> **WORK ITEM**
Give back an exact copy of the lines in the records below, from the line that has "if worker != self.worker" through the line that has "before ≤ F.absences files.old", and nothing besides.

> **DATA PROVIDED**
= Beginning of Section =

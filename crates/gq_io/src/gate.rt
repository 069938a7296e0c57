// Gates, which workers pass.
ghost use Rattle.std.specs.Prelude.{◌≡◌, ◌<◌};

use std::marker::Model;
use std::sync::atomic::{AtomicU64, Ordering};

/// What each worker of a block passes after it has taken a chunk.
///
/// A gate observes workers at work, and doesn't affect their results. Tests delay workers at one.
pub trait Gate: Sync {
    /// Worker `worker`, of at most 64, has taken the chunk `chunk`.
    fn pass(&self, worker: u32, chunk: u64)
        requires { worker < 64 };
}

/// A gate at which nobody waits.
#[derive(Clone, Copy, Debug)]
pub struct OpenGate;

impl Gate for OpenGate {
    fn pass(&self, _worker: u32, _chunk: u64) {}
}

/// A gate at which each worker waits at its first pass, for a bounded time, until another worker has arrived.
///
/// It lets tests make sure that several workers run. Contracts see `turns`, and don't mention what other threads did;
/// only tests check that.
#[derive(Debug, Drop)]
pub struct HoldGate {
    turns: u64,
    came: AtomicU64,
    met: AtomicU64,
}

impl Model for HoldGate {
    ghost use Rattle.std.specs.Prelude.{ℕ};

    ghost Value = { ℕ };

    ghost view = { λ g. g.turns };
}

impl HoldGate {
    /// Returns a gate at which the first pass of a worker polls up to `turns` times for another worker.
    pub fn new(turns: u64) -> Self
        ensures { result ≡ turns }
    {
        HoldGate {
            turns,
            came: AtomicU64::new(0),
            met: AtomicU64::new(0),
        }
    }

    /// Whether the first passes of at least two workers saw that another worker had arrived.
    pub fn met(&self) -> bool {
        self.met.load(Ordering::SeqCst).count_ones() >= 2
    }
}

impl Gate for HoldGate {
    fn pass(&self, worker: u32, _chunk: u64) {
        let own = 1u64 << worker;
        if self.came.fetch_or(own, Ordering::SeqCst) & own != 0 {
            return;
        }
        for _ in 0..self.turns {
            if self.came.load(Ordering::SeqCst) & !own != 0 {
                self.met.fetch_or(own, Ordering::SeqCst);
                return;
            }
        }
    }
}

/// A gate at which one chosen worker waits at its first pass, for a bounded time, until the others have passed often
/// enough.
///
/// It is for tests that the result of a block is the same however late a worker is. Contracts see only `turns`.
#[derive(Debug, Drop)]
pub struct HeldGate {
    worker: u32,
    passes: u64,
    turns: u64,
    came: AtomicU64,
    made: AtomicU64,
    seen: AtomicU64,
}

impl Model for HeldGate {
    ghost use Rattle.std.specs.Prelude.{ℕ};

    ghost Value = { ℕ };

    ghost view = { λ g. g.turns };
}

impl HeldGate {
    /// Returns a gate at which the first pass of `worker` polls up to `turns` times until the others have made `passes`
    /// passes.
    pub fn new(worker: u32, passes: u64, turns: u64) -> Self
        ensures { result ≡ turns }
    {
        HeldGate {
            worker,
            passes,
            turns,
            came: AtomicU64::new(0),
            made: AtomicU64::new(0),
            seen: AtomicU64::new(0),
        }
    }

    /// Whether the chosen worker arrived and saw that the others had made their passes.
    pub fn has_seen(&self) -> bool {
        self.seen.load(Ordering::SeqCst) != 0
    }
}

impl Gate for HeldGate {
    fn pass(&self, worker: u32, _chunk: u64) {
        if worker != self.worker {
            self.made.fetch_add(1, Ordering::SeqCst);
            return;
        }
        if self.came.fetch_or(1, Ordering::SeqCst) != 0 {
            return;
        }
        for _ in 0..self.turns {
            if self.made.load(Ordering::SeqCst) >= self.passes {
                self.seen.fetch_or(1, Ordering::SeqCst);
                return;
            }
        }
    }
}

/// Any of the gates, for code that runs a whole script: queries run behind traits, whose methods take one type of gate.
#[derive(Clone, Copy, Debug)]
pub enum AnyGate<'g> {
    /// Nobody waits. This is the gate of the program.
    Open,
    /// Each worker waits for another one.
    Hold(&'g HoldGate),
    /// One worker waits for the others.
    Held(&'g HeldGate),
}

impl<'g> Gate for AnyGate<'g> {
    fn pass(&self, worker: u32, chunk: u64) {
        match self {
            AnyGate::Open => {}
            AnyGate::Hold(gate) => gate.pass(worker, chunk),
            AnyGate::Held(gate) => gate.pass(worker, chunk),
        }
    }
}
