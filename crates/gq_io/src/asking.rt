// Reading of files, by what is known of them.
ghost use Rattle.std.specs.Prelude.{◌≡◌, ◌≤◌, ℕ, IfOk, IsErrOf};
ghost use Rattle.gq_io.specs.Counts.{Rose};
ghost use Rattle.gq_io.specs.Known.{Answered, Bytes, MayAnswer, known_of};

use crate::files::{FileFault, Files};
use std::alloc::Global;

/// Reads all bytes of a file. If the files aren't known, a refusal is justified by their counts, from any earlier time
/// on; bytes need no justification.
pub fn ask<F: Files>(alloc: Global, files: &mut F, name: &str) -> Result<Vec<u8>, FileFault>
    ensures answered { (before : ℕ) → before ≤ F.absences files.old
        → Answered (known_of (F.held files.old) before (F.absences files.new) (F.length_met files.new)) name.now result }
    ensures bytes { (before now met : ℕ)
        → IfOk result (λ bytes. MayAnswer (known_of (F.held files.old) before now met) name.now (Bytes bytes.items)) }
    ensures failed { IsErrOf result FileFault.Failed → Rose (F.faults files.old) (F.faults files.new) }
    ensures held { F.held files.new ≡ F.held files.old }
    ensures faults_stay { F.faults files.old ≤ F.faults files.new }
    ensures absences_stay { F.absences files.old ≤ F.absences files.new }
{
    files.read(alloc, name)
}
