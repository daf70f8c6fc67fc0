// The read of a V2 row, whole or its key only, with every test in its order.
// Follows slatedb 0.16.0, src/format/row_codec_v2.rs (Apache License 2.0), and is changed: rows are read from lent slices, an answer names places in them
// and copies nothing, and what the input can break is a refusal.
#![tactic(auto)]

ghost use Rattle.std.specs.Prelude.{◌≡◌, ◌≤◌, length};
ghost use Rattle.layout.specs.Limits.{max_key};
ghost use Rattle.layout.specs.RowRead.{lengths_at, head_at, body_at, row_is};
ghost use Rattle.row_flags_decode.specs.Says.{times_from};
ghost use Rattle.row_decode_v2.specs.Says.{row_from};
ghost use Rattle.row_decode_v2.specs.Promise.{Decodes, DecodesAt, DecodesKey, HeldAs, MayShare};
ghost use Rattle.row_decode_v2.specs.Reading.{says_lengths, lengths_from, body_from, says_body};

use basics::{Kind, Refusal, ValueDeletable};
use row_flags_decode::{RowFlags, Times};

// Where a row, its key's suffix and its value stand, and its other fields.
#[derive(Clone, Copy)]
pub struct Row {
    pub start: usize,
    pub next: usize,
    pub shared: usize,
    pub suffix_at: usize,
    pub suffix_len: usize,
    pub held: ValueDeletable,
    pub seq: u64,
    pub expire: Option<i64>,
    pub create: Option<i64>,
}

#[derive(Clone, Copy)]
pub struct KeyPlace {
    pub shared: usize,
    pub suffix_at: usize,
    pub suffix_len: usize,
}

// Reads a single row, after a key of `previous_len` bytes: the whole input is its region, and it is no restart.
pub fn decode(s: &[u8], previous_len: usize) -> Result<Row, Refusal>
    ensures { Decodes s.now previous_len result }
{
    decode_at(s, 0, s.len(), previous_len, false)
}

// Reads the row at `at`, after a key of `previous_len` bytes, in a region that ends at `region_end`.
pub fn decode_at(
    s: &[u8],
    at: usize,
    region_end: usize,
    previous_len: usize,
    restart: bool,
) -> Result<Row, Refusal>
    ensures { DecodesAt s.now at region_end previous_len restart result }
{
    let head = head_at(s, at, previous_len, restart)?;
    let body = body_at(s, head)?;
    let times = row_flags_decode::times_at(s, body.next, body.flags)?;
    if region_end < times.next {
        return Err(Refusal::RowPastRegion);
    }
    Ok(row_of(at, head, body, times))
}

// Reads only the key of the row at `at`, for seeks: the value may be too long or missing, and it is the suffix that must end
// inside the region.
pub fn decode_key_only(
    s: &[u8],
    at: usize,
    region_end: usize,
    previous_len: usize,
    restart: bool,
) -> Result<KeyPlace, Refusal>
    ensures { DecodesKey s.now at region_end previous_len restart result }
{
    let head = head_at(s, at, previous_len, restart)?;
    let suffix_end = head.suffix_at + head.unshared as usize;
    if s.len() < suffix_end {
        return Err(Refusal::InputEnds);
    }
    if region_end < suffix_end {
        return Err(Refusal::RowPastRegion);
    }
    Ok(KeyPlace {
        shared: head.shared as usize,
        suffix_at: head.suffix_at,
        suffix_len: head.unshared as usize,
    })
}

// How many bytes a row may share. A restart shares nothing, whatever key stands before it.
pub fn may_share(restart: bool, previous_len: usize) -> usize
    ensures { MayShare restart previous_len result }
{
    if restart { 0 } else { previous_len }
}

// The three lengths as they are written, and where the suffix starts. No sum of two 32-bit numbers wraps a usize.
#[derive(Clone, Copy)]
struct Lengths {
    shared: u32,
    unshared: u32,
    value_len: u32,
    suffix_at: usize,
}

fn lengths_at(s: &[u8], at: usize) -> Result<Lengths, Refusal>
    ensures { says_lengths result ≡ lengths_at s.now at }
{
    let shared = utils_decode::decode_varint(s, at)?;
    let unshared = utils_decode::decode_varint(s, shared.next)?;
    let value_len = utils_decode::decode_varint(s, unshared.next)?;
    Ok(Lengths {
        shared: shared.value,
        unshared: unshared.value,
        value_len: value_len.value,
        suffix_at: value_len.next,
    })
}

// The lengths of a row whose key is allowed.
fn head_at(s: &[u8], at: usize, previous_len: usize, restart: bool) -> Result<Lengths, Refusal>
    ensures { says_lengths result ≡ head_at s.now at previous_len restart }
{
    let head = lengths_at(s, at)?;
    let shared = head.shared as usize;
    let unshared = head.unshared as usize;
    let most = may_share(restart, previous_len);
    if most < shared {
        return Err(Refusal::BadShare);
    }
    if shared + unshared == 0 {
        return Err(Refusal::EmptyKey);
    }
    if basics::MAX_KEY < shared + unshared {
        return Err(Refusal::KeyTooLong);
    }
    Ok(head)
}

// Value bytes that a tombstone was written with are dropped.
pub fn held_as(kind: Kind, start: usize, len: usize) -> ValueDeletable
    ensures { HeldAs kind start len result }
{
    match kind {
        Kind::Value => ValueDeletable::Value { start, len },
        Kind::Tombstone => ValueDeletable::Tombstone,
        Kind::Merge => ValueDeletable::Merge { start, len },
    }
}

// What stands from the value to the flags, and where the times start.
#[derive(Clone, Copy)]
struct Body {
    held: ValueDeletable,
    seq: u64,
    flags: RowFlags,
    next: usize,
}

// No sum wraps for a head that was read from `s`.
fn body_at(s: &[u8], head: Lengths) -> Result<Body, Refusal>
    requires { (head.suffix_at ≤ length s.now) × (head.unshared ≤ max_key) }
    ensures { says_body result ≡ body_at s.now (lengths_from head) }
{
    let value_len = head.value_len as usize;
    if basics::MAX_VALUE < value_len {
        return Err(Refusal::ValueTooLong);
    }
    let value_at = head.suffix_at + head.unshared as usize;
    let seq_at = value_at + value_len;
    // Eight bytes of seq and one of flags: one test for all that stands before the times.
    let next = seq_at + 9;
    if s.len() < next {
        return Err(Refusal::InputEnds);
    }
    let seq = buf::get_u64(s, seq_at)?;
    let flags = row_flags_decode::decode_flags(s[seq.next])?;
    let held = held_as(flags.kind, value_at, value_len);
    Ok(Body {
        held,
        seq: seq.value,
        flags,
        next,
    })
}

fn row_of(at: usize, head: Lengths, body: Body, times: Times) -> Row
    ensures { row_from result ≡ row_is at (lengths_from head) (body_from body) (times_from times) }
{
    Row {
        start: at,
        next: times.next,
        shared: head.shared as usize,
        suffix_at: head.suffix_at,
        suffix_len: head.unshared as usize,
        held: body.held,
        seq: body.seq,
        expire: times.expire,
        create: times.create,
    }
}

= End of Section =

> **SOLUTION FOR THIS EXERCISE**
        if worker != self.worker {
            self.made.fetch_add(1, Ordering::SeqCst);
            return;
        }
        if self.came.fetch_or(1, Ordering::SeqCst) != 0 {
            return;
        }
        for _ in 0..self.turns {
            if self.made.load(Ordering::SeqCst) >= self.passes {
                self.seen.fetch_or(1, Ordering::SeqCst);
                return;
            }
        }
    }
}

/// Any of the gates, for code that runs a whole script: queries run behind traits, whose methods take one type of gate.
#[derive(Clone, Copy, Debug)]
pub enum AnyGate<'g> {
    /// Nobody waits. This is the gate of the program.
    Open,
    /// Each worker waits for another one.
    Hold(&'g HoldGate),
    /// One worker waits for the others.
    Held(&'g HeldGate),
}

impl<'g> Gate for AnyGate<'g> {
    fn pass(&self, worker: u32, chunk: u64) {
        match self {
            AnyGate::Open => {}
            AnyGate::Hold(gate) => gate.pass(worker, chunk),
            AnyGate::Held(gate) => gate.pass(worker, chunk),
        }
    }
}
filename crates/gq_io/src/asking.rt
// Reading of files, by what is known of them.
ghost use Rattle.std.specs.Prelude.{◌≡◌, ◌≤◌, ℕ, IfOk, IsErrOf};
ghost use Rattle.gq_io.specs.Counts.{Rose};
ghost use Rattle.gq_io.specs.Known.{Answered, Bytes, MayAnswer, known_of};

use crate::files::{FileFault, Files};
use std::alloc::Global;

/// Reads all bytes of a file. If the files aren't known, a refusal is justified by their counts, from any earlier time
/// on; bytes need no justification.
pub fn ask<F: Files>(alloc: Global, files: &mut F, name: &str) -> Result<Vec<u8>, FileFault>
    ensures answered { (before : ℕ) → before ≤ F.absences files.old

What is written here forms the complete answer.